▶ BRIEF: All lines of the records below that contain the word "LostAt" must be listed.

▶ DATASET CONTENT:
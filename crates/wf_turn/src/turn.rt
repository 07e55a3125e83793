//! One flow while it is decided.

ghost use Rattle.std.specs.Prelude.{◌≡◌, ◌+◌, ◌^◌, ◌<◌, ◌≤◌, [], ◌∷◌, ◌++◌, length, map, true, false, IfOk, OnOk};
ghost use Rattle.wf_machine.specs.Records.{Held, IsMoment, IsRecord};
ghost use Rattle.wf_machine.specs.Sight.{seen};
ghost use Rattle.wf_machine.specs.State.{RisingTo};
ghost use Rattle.wf_names.specs.FlowStatus.{flow_is_open};
ghost use Rattle.wf_rules.specs.Acts as spec;
ghost use Rattle.wf_rules.specs.Making.{CanMake, CanMakeAll, IsFit, LostAt, OpenAt};
ghost use Rattle.wf_rules.specs.Plans.{new_flow, new_flows, new_task, new_tasks, turn_at};
ghost use Rattle.wf_rules.specs.Rules.{is_running};
ghost use Rattle.wf_turn.specs.Keeping.{with_child};

use crate::beginning::{begin, number_of, status_of};
use crate::no_memory::NoMemory;
use std::alloc::Global;
use std::marker::Model;
use std::mem;
use wf_doc::{Doc, Text};
use wf_flow::{Attempt, Flow};
use wf_machine::FlowDef;
use wf_names::{FlowNo, FlowStatus, TaskNo};
use wf_rules::{Act, Alert, Child, NewAttempt, Outcome};

/// A flow that is decided, the flows that it started so far, and both next numbers.
#[derive(Drop)]
pub struct Turn {
    flow: Flow,
    children: Vec<Flow>,
    next_flow: u64,
    next_task: u64,
}

impl Model for Turn {
    ghost use Rattle.std.specs.Coded.{codes};
    ghost use Rattle.wf_doc.specs.contracts.doc.Doc as doc;
    ghost use Rattle.wf_machine.specs.contracts.definition.NodeKind as node_kind;
    ghost use Rattle.wf_rules.specs.Acts as acts;

    ghost Value = { acts.Turn };

    ghost coded = { Prim.hlevel (codes, doc.the_row.coded, node_kind.the_row.coded) };

    ghost use Rattle.wf_turn.specs.Keeping.{IsSoundTurn};
    ghost use Rattle.wf_turn.specs.TurnFields.{turn_shown};

    ghost view = { turn_shown };

    ghost invariant = { λ t. IsSoundTurn (turn_shown t) };
}

impl Turn {
    /// A flow that has started none yet.
    pub fn new(alloc: Global, flow: Flow, next_flow: u64, next_task: u64) -> Turn
        requires rising { RisingTo 1 next_task flow.flow.attempts }
        requires tasks { next_task ≤ 2 ^ 56 }
        requires flows { next_flow ≤ 2 ^ 56 }
        ensures { result ≡ turn_at flow.flow (record { flow = next_flow; task = next_task }) }
    {
        Turn {
            flow,
            children: Vec::new(alloc),
            next_flow,
            next_task,
        }
    }

    pub fn flow(&self) -> &Flow
        ensures { result.now.flow ≡ self.now.flow }
    {
        &self.flow
    }

    /// How many flows it has started.
    pub fn started(&self) -> u64
        ensures { result ≡ length self.now.children }
    {
        self.children.len() as u64
    }

    pub fn next_flow(&self) -> u64
        ensures value { result ≡ self.now.next_flow }
        ensures last { result ≤ 2 ^ 56 }
    {
        self.next_flow
    }

    pub fn next_task(&self) -> u64
        ensures value { result ≡ self.now.next_task }
        ensures last { result ≤ 2 ^ 56 }
    {
        self.next_task
    }

    /// The flow, and those that it started.
    pub fn into_parts(self) -> (Flow, Vec<Flow>)
        ensures flow { result.0.flow ≡ self.flow }
        ensures children { map (λ f. f.flow) result.1.items ≡ self.children }
    {
        (self.flow, self.children)
    }

    /// Makes the acts, one after another. After an error the turn is to be thrown away.
    pub fn make_all(&mut self, alloc: Global, acts: Vec<Act>, moment: u64) -> Result<(), NoMemory>
        requires fits { CanMakeAll moment acts.items self.old }
        requires tasks { self.old.next_task + new_tasks acts.items ≤ 2 ^ 56 }
        requires flows { self.old.next_flow + new_flows acts.items ≤ 2 ^ 56 }
        requires moment { IsMoment moment }
        ensures made { OnOk result (self.new ≡ spec.made moment acts.items self.old) }
    {
        for act in acts {
            self.make(alloc, act, moment)?;
        }
        Ok(())
    }

    /// Makes one act.
    fn make(&mut self, alloc: Global, act: Act, moment: u64) -> Result<(), NoMemory>
        requires fits { CanMake self.old.flow.def (is_running self.old.flow.status) (map seen self.old.flow.attempts) act }
        requires tasks { self.old.next_task + new_task act ≤ 2 ^ 56 }
        requires flows { self.old.next_flow + new_flow act ≤ 2 ^ 56 }
        requires moment { IsMoment moment }
        ensures { OnOk result (self.new ≡ spec.make moment act self.old) }
    {
        match act {
            Act::Add(attempt) => self.add(alloc, attempt, moment),
            Act::Close(place, outcome, reason, output) => {
                self.close(place, outcome, reason, output, moment);
                Ok(())
            }
            Act::Note(place, alert, reason) => {
                self.note(place, alert, reason, moment);
                Ok(())
            }
            Act::Forgive(place) => {
                self.forgive(place, moment);
                Ok(())
            }
            Act::Turn(place, output, turn) => {
                self.turn_on(place, output, turn, moment);
                Ok(())
            }
            Act::Variables(variables) => {
                self.give_variables(variables);
                Ok(())
            }
            Act::NoteFlow(reason) => {
                self.note_flow(reason);
                Ok(())
            }
            Act::End(status, reason, output) => {
                self.end(status, reason, output, moment);
                Ok(())
            }
        }
    }

    /// Adds an attempt under the next number, and before it the flow that it starts.
    fn add(&mut self, alloc: Global, attempt: NewAttempt, moment: u64) -> Result<(), NoMemory>
        requires fits { CanMake self.old.flow.def (is_running self.old.flow.status) (map seen self.old.flow.attempts) (Act.Add attempt) }
        requires tasks { self.old.next_task + 1 ≤ 2 ^ 56 }
        requires flows { self.old.next_flow + spec.births attempt.child ≤ 2 ^ 56 }
        requires moment { IsMoment moment }
        ensures { OnOk result (self.new ≡ spec.make moment (Act.Add attempt) self.old) }
    {
        self.is_record();
        let mut attempt = attempt;
        let number = self.next_task;
        let retried = number_of(&self.flow, attempt.retried);
        let child = mem::replace(&mut attempt.child, Child::Nothing);
        let child = self.start(alloc, child, moment)?;
        let made = begin(alloc, attempt, number, retried, child, moment);
        self.put(made)
    }

    /// That its flow can be kept, as a fact.
    fn is_record(&self)
        ensures { IsRecord self.now.flow }
    {
        self.flow.is_record();
    }

    /// Starts the flow that the next attempt wants, and gives its number.
    fn start(
        &mut self,
        alloc: Global,
        child: Child,
        moment: u64,
    ) -> Result<Option<FlowNo>, NoMemory>
        requires tasks { self.old.next_task + 1 ≤ 2 ^ 56 }
        requires flows { self.old.next_flow + spec.births child ≤ 2 ^ 56 }
        requires moment { IsMoment moment }
        ensures number { IfOk result (λ number. number ≡ spec.child_number self.old.next_flow child) }
        ensures small { IfOk result (λ number. Held (λ flow. flow.0 < 2 ^ 56) number) }
        ensures turn { OnOk result (self.new ≡ with_child moment child self.old) }
    {
        match child {
            Child::Flow(def, input) => {
                let number = self.start_flow(alloc, def, input, moment)?;
                Ok(Some(number))
            }
            Child::Nothing => Ok(None),
            Child::TooLarge => Ok(None),
            Child::Refused => Ok(None),
        }
    }

    /// Starts a flow one level deeper, with the same correlation.
    fn start_flow(
        &mut self,
        alloc: Global,
        def: FlowDef,
        input: Doc,
        moment: u64,
    ) -> Result<FlowNo, NoMemory>
        requires tasks { self.old.next_task + 1 ≤ 2 ^ 56 }
        requires flows { self.old.next_flow + 1 ≤ 2 ^ 56 }
        requires moment { IsMoment moment }
        ensures number { IfOk result (λ number. number.0 ≡ self.old.next_flow) }
        ensures turn { OnOk result (self.new ≡ record self.old {
          children = self.old.children ++ spec.child_started moment def input self.old ∷ [];
          next_flow = self.old.next_flow + 1;
        }) }
    {
        self.flow.is_record();
        let number = FlowNo(self.next_flow);
        let correlation = Text::new(alloc, self.flow.correlation())?;
        let parent = (self.flow.number(), TaskNo(self.next_task));
        // The rules start no flow below 16 levels, so there is a next level in every flow that they decide.
        let Some(depth) = self.flow.depth().checked_add(1) else {
            return Err(NoMemory);
        };
        let child = Flow::new(
            alloc,
            number,
            def,
            input,
            correlation,
            Some(parent),
            depth,
            moment,
        );
        self.children.push(child)?;
        self.next_flow += 1;
        Ok(number)
    }

    /// Puts the attempt of the next number at the end.
    fn put(&mut self, attempt: Attempt) -> Result<(), NoMemory>
        requires number { attempt.number.0 ≡ self.old.next_task }
        requires tasks { self.old.next_task + 1 ≤ 2 ^ 56 }
        requires kept { IsRecord (record self.old.flow { attempts = self.old.flow.attempts ++ attempt ∷ [] }) }
        ensures { OnOk result (self.new ≡ record self.old {
          flow = record self.old.flow { attempts = self.old.flow.attempts ++ attempt ∷ [] };
          next_task = self.old.next_task + 1;
        }) }
    {
        self.flow.reserve(1)?;
        self.flow.add(attempt);
        self.next_task += 1;
        Ok(())
    }

    fn close(
        &mut self,
        place: u64,
        outcome: Outcome,
        reason: Option<Text>,
        output: Option<Doc>,
        moment: u64,
    )
        requires opened { OpenAt (map seen self.old.flow.attempts) place }
        requires moment { IsMoment moment }
        ensures { self.new ≡ spec.make moment (Act.Close place outcome reason output) self.old }
    {
        self.flow
            .close_at(place, status_of(outcome), reason, output, moment);
    }

    fn note(&mut self, place: u64, alert: Alert, reason: Text, moment: u64)
        requires moment { IsMoment moment }
        ensures { self.new ≡ spec.make moment (Act.Note place alert reason) self.old }
    {
        match alert {
            Alert::Poll => self.note_poll(place, reason, moment),
            Alert::Total => self.note_total(place, reason, moment),
        }
    }

    fn note_poll(&mut self, place: u64, reason: Text, moment: u64)
        requires moment { IsMoment moment }
        ensures { self.new ≡ spec.make moment (Act.Note place Alert.Poll reason) self.old }
    {
        self.flow.note_poll_at(place, reason, moment);
    }

    fn note_total(&mut self, place: u64, reason: Text, moment: u64)
        requires moment { IsMoment moment }
        ensures { self.new ≡ spec.make moment (Act.Note place Alert.Total reason) self.old }
    {
        self.flow.note_total_at(place, reason, moment);
    }

    fn forgive(&mut self, place: u64, moment: u64)
        requires failed { LostAt (map seen self.old.flow.attempts) place }
        requires moment { IsMoment moment }
        ensures { self.new ≡ spec.make moment (Act.Forgive place) self.old }
    {
        self.flow.forgive_at(place, moment);
    }

    fn turn_on(&mut self, place: u64, output: Doc, turn: u32, moment: u64)
        requires turn { 0 < turn }
        requires moment { IsMoment moment }
        ensures { self.new ≡ spec.make moment (Act.Turn place output turn) self.old }
    {
        self.flow.turn_at(place, output, turn, moment);
    }

    fn give_variables(&mut self, variables: Doc)
        ensures { self.new ≡ record self.old { flow = record self.old.flow { variables = variables } } }
    {
        self.flow.set_variables(variables);
    }

    fn note_flow(&mut self, reason: Text)
        ensures { self.new ≡ record self.old { flow = record self.old.flow { noted = true; reason = reason } } }
    {
        self.flow.set_noted(true);
        self.flow.set_reason(reason);
    }

    fn end(&mut self, status: FlowStatus, reason: Option<Text>, output: Option<Doc>, moment: u64)
        requires over { flow_is_open status ≡ false }
        requires moment { IsMoment moment }
        ensures { self.new ≡ spec.make moment (Act.End status reason output) self.old }
    {
        give_reason(&mut self.flow, reason);
        give_output(&mut self.flow, output);
        self.flow.end(status, moment);
    }
}

fn give_reason(flow: &mut Flow, reason: Option<Text>)
    ensures { flow.new.flow ≡ record flow.old.flow { reason = spec.or_as_it_was flow.old.flow.reason reason } }
{
    if let Some(reason) = reason {
        flow.set_reason(reason);
    }
}

fn give_output(flow: &mut Flow, output: Option<Doc>)
    ensures { flow.new.flow ≡ record flow.old.flow { output = spec.or_as_it_was flow.old.flow.output output } }
{
    if let Some(output) = output {
        flow.set_output(output);
    }
}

▶ EXPECTED ANSWER:
ghost use Rattle.wf_rules.specs.Making.{CanMake, CanMakeAll, IsFit, LostAt, OpenAt};
        requires failed { LostAt (map seen self.old.flow.attempts) place }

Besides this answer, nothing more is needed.